Start of TASK DATA

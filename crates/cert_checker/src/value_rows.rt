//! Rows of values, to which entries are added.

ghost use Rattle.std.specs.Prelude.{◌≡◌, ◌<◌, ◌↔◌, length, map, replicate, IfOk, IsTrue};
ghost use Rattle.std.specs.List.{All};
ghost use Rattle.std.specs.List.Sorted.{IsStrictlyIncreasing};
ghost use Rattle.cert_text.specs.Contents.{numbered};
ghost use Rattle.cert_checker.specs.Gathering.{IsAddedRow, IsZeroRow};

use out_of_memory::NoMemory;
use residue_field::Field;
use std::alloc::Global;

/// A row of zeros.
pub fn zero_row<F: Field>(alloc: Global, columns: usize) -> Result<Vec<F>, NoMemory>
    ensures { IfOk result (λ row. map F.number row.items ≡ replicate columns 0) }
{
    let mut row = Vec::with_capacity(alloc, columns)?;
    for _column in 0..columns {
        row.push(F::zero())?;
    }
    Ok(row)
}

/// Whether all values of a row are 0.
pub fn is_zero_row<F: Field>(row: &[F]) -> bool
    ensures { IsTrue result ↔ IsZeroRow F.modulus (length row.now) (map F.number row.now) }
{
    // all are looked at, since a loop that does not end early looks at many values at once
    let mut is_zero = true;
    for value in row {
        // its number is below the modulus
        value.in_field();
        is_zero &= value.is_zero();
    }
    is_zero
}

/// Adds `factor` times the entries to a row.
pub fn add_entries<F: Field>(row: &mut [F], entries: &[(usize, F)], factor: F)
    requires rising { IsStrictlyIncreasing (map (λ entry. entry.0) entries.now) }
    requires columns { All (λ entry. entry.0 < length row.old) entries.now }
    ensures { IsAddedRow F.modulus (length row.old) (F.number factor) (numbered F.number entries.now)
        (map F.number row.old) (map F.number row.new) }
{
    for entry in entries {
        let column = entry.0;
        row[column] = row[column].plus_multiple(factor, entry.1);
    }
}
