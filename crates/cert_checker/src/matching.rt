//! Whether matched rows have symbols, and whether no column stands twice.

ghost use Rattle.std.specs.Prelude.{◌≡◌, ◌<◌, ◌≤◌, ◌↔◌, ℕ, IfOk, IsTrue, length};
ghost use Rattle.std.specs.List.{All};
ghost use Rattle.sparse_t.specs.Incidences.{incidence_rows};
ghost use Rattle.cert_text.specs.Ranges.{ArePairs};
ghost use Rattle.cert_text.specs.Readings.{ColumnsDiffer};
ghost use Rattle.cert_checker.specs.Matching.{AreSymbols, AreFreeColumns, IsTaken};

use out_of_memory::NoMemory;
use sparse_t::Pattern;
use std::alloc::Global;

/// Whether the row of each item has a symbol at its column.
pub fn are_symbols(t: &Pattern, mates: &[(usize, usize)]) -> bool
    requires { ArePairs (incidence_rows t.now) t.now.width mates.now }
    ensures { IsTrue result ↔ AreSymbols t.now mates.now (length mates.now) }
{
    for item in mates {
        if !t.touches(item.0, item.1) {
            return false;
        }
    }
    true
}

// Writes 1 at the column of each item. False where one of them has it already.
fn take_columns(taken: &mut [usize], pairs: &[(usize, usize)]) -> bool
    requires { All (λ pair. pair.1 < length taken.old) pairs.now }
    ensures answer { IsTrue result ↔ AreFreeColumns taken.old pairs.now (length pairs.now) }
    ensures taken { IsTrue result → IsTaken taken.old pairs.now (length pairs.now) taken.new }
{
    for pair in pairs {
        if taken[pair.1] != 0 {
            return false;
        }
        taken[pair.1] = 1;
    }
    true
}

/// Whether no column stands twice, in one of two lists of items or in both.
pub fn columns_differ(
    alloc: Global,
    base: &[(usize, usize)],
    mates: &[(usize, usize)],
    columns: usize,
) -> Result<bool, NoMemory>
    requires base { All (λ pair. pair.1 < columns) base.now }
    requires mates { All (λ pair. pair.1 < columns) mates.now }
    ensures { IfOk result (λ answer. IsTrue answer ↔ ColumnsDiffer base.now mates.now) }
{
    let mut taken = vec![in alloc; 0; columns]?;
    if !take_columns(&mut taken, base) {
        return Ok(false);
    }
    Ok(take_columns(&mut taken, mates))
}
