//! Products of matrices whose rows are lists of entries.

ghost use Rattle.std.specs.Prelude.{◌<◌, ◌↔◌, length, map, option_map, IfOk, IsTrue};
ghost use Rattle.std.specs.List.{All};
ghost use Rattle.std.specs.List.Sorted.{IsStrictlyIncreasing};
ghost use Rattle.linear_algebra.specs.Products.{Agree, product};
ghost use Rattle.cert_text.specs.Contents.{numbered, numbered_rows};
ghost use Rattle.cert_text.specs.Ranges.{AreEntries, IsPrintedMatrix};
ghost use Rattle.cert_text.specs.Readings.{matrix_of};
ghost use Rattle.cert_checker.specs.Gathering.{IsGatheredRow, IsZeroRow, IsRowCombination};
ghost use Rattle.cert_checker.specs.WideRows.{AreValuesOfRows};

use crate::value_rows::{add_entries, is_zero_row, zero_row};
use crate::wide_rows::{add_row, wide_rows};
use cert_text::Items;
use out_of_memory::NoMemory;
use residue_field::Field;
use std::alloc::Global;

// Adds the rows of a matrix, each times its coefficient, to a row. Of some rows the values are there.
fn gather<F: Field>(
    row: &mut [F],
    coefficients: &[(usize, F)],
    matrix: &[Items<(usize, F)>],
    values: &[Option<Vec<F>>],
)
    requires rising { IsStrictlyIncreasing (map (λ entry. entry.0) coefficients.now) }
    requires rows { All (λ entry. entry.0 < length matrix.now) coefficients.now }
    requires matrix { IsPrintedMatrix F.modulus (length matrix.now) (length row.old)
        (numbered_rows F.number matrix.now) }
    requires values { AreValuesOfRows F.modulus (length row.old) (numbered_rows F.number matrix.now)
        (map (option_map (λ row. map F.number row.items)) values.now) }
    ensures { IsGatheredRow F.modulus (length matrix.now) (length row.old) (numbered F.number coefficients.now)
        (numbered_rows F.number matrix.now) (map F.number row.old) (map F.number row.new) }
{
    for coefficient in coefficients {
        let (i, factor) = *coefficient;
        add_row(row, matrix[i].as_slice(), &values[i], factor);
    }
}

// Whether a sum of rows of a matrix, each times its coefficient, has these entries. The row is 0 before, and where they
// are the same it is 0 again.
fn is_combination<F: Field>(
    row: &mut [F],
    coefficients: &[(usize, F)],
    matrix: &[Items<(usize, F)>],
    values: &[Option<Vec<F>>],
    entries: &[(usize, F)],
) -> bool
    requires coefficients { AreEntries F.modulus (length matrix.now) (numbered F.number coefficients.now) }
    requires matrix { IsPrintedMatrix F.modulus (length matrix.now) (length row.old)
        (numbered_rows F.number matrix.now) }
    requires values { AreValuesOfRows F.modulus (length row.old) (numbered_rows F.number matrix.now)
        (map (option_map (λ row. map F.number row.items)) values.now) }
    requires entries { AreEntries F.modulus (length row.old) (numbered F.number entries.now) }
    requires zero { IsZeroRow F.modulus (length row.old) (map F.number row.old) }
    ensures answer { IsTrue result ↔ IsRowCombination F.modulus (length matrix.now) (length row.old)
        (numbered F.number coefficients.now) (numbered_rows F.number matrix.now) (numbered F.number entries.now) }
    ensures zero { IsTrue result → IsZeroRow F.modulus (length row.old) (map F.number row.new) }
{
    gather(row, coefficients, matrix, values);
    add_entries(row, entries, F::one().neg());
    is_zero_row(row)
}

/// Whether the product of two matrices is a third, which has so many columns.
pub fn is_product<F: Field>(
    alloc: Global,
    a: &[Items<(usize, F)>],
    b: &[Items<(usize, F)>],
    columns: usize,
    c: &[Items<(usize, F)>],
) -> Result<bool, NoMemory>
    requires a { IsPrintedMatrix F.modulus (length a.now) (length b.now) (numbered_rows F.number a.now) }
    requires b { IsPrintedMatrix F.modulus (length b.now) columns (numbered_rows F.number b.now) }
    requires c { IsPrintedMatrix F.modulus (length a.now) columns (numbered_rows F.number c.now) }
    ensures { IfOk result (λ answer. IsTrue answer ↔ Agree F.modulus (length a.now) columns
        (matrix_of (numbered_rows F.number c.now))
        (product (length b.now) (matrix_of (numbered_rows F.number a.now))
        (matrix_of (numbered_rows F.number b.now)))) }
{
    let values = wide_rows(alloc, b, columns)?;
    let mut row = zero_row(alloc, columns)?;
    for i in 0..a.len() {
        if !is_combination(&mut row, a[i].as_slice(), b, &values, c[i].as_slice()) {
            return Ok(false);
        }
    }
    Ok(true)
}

End of TASK DATA

WHAT IS REQUIRED
Tally the lines of the material that contain the word "stands" and say the number, nothing more.

RESULT
2